Given the records below, would you repeat exactly the lines that begin at the one containing "use edif_build::EdifError;" and end at the one containing "allocation was refused.", inclusive?

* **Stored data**
________________________

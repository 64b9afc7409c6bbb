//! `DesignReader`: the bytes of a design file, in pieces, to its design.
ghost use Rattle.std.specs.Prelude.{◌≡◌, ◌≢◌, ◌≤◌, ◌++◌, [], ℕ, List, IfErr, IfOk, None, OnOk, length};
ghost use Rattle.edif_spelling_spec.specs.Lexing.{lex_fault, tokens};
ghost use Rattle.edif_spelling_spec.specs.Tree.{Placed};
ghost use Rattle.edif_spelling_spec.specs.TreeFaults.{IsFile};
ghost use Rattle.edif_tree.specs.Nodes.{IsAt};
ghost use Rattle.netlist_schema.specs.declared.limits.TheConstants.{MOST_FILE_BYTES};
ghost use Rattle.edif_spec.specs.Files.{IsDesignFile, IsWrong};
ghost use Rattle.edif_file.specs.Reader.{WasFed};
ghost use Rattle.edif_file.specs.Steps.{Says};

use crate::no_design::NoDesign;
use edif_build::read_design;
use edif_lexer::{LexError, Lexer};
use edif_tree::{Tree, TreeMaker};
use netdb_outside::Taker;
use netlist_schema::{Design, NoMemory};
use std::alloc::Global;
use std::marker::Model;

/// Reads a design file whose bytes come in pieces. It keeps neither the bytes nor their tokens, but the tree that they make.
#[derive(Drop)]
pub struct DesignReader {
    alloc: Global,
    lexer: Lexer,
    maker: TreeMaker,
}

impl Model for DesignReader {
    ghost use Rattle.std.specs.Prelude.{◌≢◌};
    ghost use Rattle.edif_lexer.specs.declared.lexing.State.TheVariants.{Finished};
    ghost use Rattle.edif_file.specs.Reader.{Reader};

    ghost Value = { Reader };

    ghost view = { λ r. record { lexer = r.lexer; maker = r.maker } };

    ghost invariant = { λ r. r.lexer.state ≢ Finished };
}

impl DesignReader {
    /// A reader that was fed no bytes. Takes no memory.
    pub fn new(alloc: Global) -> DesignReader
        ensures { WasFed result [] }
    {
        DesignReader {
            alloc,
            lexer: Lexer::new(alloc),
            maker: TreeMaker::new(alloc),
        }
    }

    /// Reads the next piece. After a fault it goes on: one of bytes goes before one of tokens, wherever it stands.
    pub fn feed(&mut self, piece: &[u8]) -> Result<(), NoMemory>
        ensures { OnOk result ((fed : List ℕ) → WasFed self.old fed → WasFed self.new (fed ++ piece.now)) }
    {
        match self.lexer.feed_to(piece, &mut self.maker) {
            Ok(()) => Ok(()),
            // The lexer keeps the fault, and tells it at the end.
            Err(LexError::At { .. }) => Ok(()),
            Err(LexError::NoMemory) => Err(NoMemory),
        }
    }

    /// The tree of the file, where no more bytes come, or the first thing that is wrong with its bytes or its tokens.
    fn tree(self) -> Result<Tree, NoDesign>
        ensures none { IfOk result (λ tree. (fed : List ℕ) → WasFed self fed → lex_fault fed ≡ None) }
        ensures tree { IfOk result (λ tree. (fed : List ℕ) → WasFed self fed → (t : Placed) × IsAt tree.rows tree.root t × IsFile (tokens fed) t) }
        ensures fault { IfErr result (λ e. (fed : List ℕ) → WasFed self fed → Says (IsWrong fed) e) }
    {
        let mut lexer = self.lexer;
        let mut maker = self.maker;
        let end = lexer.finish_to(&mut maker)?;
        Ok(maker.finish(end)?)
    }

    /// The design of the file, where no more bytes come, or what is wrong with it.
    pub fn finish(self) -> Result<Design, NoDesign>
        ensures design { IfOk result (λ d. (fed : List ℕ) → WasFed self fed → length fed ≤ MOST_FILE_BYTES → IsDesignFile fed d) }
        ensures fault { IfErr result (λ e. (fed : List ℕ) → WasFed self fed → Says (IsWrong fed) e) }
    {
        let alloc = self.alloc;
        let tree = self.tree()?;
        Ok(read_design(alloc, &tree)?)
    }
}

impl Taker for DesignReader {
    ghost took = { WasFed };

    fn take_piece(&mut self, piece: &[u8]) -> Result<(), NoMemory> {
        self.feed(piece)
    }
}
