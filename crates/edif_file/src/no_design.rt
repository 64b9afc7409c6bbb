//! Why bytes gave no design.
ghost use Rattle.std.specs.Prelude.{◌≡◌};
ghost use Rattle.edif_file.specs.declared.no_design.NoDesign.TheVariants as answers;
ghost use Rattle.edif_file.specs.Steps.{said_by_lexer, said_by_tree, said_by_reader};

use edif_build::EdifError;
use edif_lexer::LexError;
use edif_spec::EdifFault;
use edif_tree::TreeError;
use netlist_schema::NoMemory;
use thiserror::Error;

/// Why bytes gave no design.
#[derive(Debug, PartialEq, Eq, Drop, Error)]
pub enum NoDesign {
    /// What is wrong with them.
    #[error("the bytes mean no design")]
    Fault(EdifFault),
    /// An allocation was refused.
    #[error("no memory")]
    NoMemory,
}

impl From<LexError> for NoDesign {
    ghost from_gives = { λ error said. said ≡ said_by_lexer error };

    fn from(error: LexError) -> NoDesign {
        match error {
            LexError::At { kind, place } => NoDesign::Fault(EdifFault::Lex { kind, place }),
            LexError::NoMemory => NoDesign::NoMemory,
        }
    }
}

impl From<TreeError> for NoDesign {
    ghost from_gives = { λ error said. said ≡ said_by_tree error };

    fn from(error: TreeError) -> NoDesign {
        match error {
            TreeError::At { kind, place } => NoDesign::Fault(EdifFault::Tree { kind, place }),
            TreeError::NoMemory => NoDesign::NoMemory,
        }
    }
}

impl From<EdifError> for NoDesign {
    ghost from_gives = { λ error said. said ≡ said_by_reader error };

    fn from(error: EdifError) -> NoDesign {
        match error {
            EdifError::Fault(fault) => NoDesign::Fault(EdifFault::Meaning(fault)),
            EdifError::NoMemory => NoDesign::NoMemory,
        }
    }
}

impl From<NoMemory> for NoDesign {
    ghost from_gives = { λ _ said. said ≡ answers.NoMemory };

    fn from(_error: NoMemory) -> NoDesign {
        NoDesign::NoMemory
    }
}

________________________

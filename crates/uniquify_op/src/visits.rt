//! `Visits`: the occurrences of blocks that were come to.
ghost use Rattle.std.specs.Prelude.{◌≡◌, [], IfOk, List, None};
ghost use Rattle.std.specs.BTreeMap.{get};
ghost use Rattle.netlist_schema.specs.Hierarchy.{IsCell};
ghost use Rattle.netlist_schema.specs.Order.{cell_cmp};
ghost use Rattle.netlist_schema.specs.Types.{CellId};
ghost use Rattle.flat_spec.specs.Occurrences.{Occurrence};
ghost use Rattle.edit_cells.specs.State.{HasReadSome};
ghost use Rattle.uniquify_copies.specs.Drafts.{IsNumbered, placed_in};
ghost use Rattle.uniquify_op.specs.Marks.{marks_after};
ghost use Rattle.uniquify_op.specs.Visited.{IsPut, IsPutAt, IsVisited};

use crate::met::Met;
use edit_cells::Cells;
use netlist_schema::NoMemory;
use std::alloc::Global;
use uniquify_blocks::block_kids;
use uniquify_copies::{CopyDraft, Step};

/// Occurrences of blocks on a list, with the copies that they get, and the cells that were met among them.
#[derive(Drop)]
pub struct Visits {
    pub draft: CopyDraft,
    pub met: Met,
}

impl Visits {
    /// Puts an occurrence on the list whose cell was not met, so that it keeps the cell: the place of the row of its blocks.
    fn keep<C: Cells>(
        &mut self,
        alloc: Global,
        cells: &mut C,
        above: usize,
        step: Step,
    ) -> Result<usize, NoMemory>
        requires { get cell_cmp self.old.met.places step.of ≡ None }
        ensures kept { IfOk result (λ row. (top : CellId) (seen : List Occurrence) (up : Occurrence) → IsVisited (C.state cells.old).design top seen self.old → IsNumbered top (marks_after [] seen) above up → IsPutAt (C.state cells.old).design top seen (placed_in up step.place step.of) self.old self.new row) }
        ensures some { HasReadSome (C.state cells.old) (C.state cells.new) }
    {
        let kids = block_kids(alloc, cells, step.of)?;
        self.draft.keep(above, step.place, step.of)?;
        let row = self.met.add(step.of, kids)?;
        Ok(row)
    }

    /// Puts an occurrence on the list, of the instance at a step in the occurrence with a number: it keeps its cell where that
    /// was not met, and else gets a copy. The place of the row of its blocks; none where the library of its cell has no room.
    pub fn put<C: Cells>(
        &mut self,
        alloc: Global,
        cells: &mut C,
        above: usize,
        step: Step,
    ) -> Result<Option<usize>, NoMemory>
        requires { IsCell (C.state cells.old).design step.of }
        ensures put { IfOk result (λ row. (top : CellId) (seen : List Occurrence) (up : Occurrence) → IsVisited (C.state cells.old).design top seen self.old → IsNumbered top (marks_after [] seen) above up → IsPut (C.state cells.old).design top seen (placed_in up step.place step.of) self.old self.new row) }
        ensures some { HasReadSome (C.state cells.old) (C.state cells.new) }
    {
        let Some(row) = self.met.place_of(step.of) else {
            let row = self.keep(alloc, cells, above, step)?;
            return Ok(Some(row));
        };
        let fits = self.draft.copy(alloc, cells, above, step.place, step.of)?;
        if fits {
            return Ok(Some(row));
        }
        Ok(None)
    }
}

________________________

* **SOLUTION TO THIS PROBLEM**
use edif_build::EdifError;
use edif_lexer::LexError;
use edif_spec::EdifFault;
use edif_tree::TreeError;
use netlist_schema::NoMemory;
use thiserror::Error;

/// Why bytes gave no design.
#[derive(Debug, PartialEq, Eq, Drop, Error)]
pub enum NoDesign {
    /// What is wrong with them.
    #[error("the bytes mean no design")]
    Fault(EdifFault),
    /// An allocation was refused.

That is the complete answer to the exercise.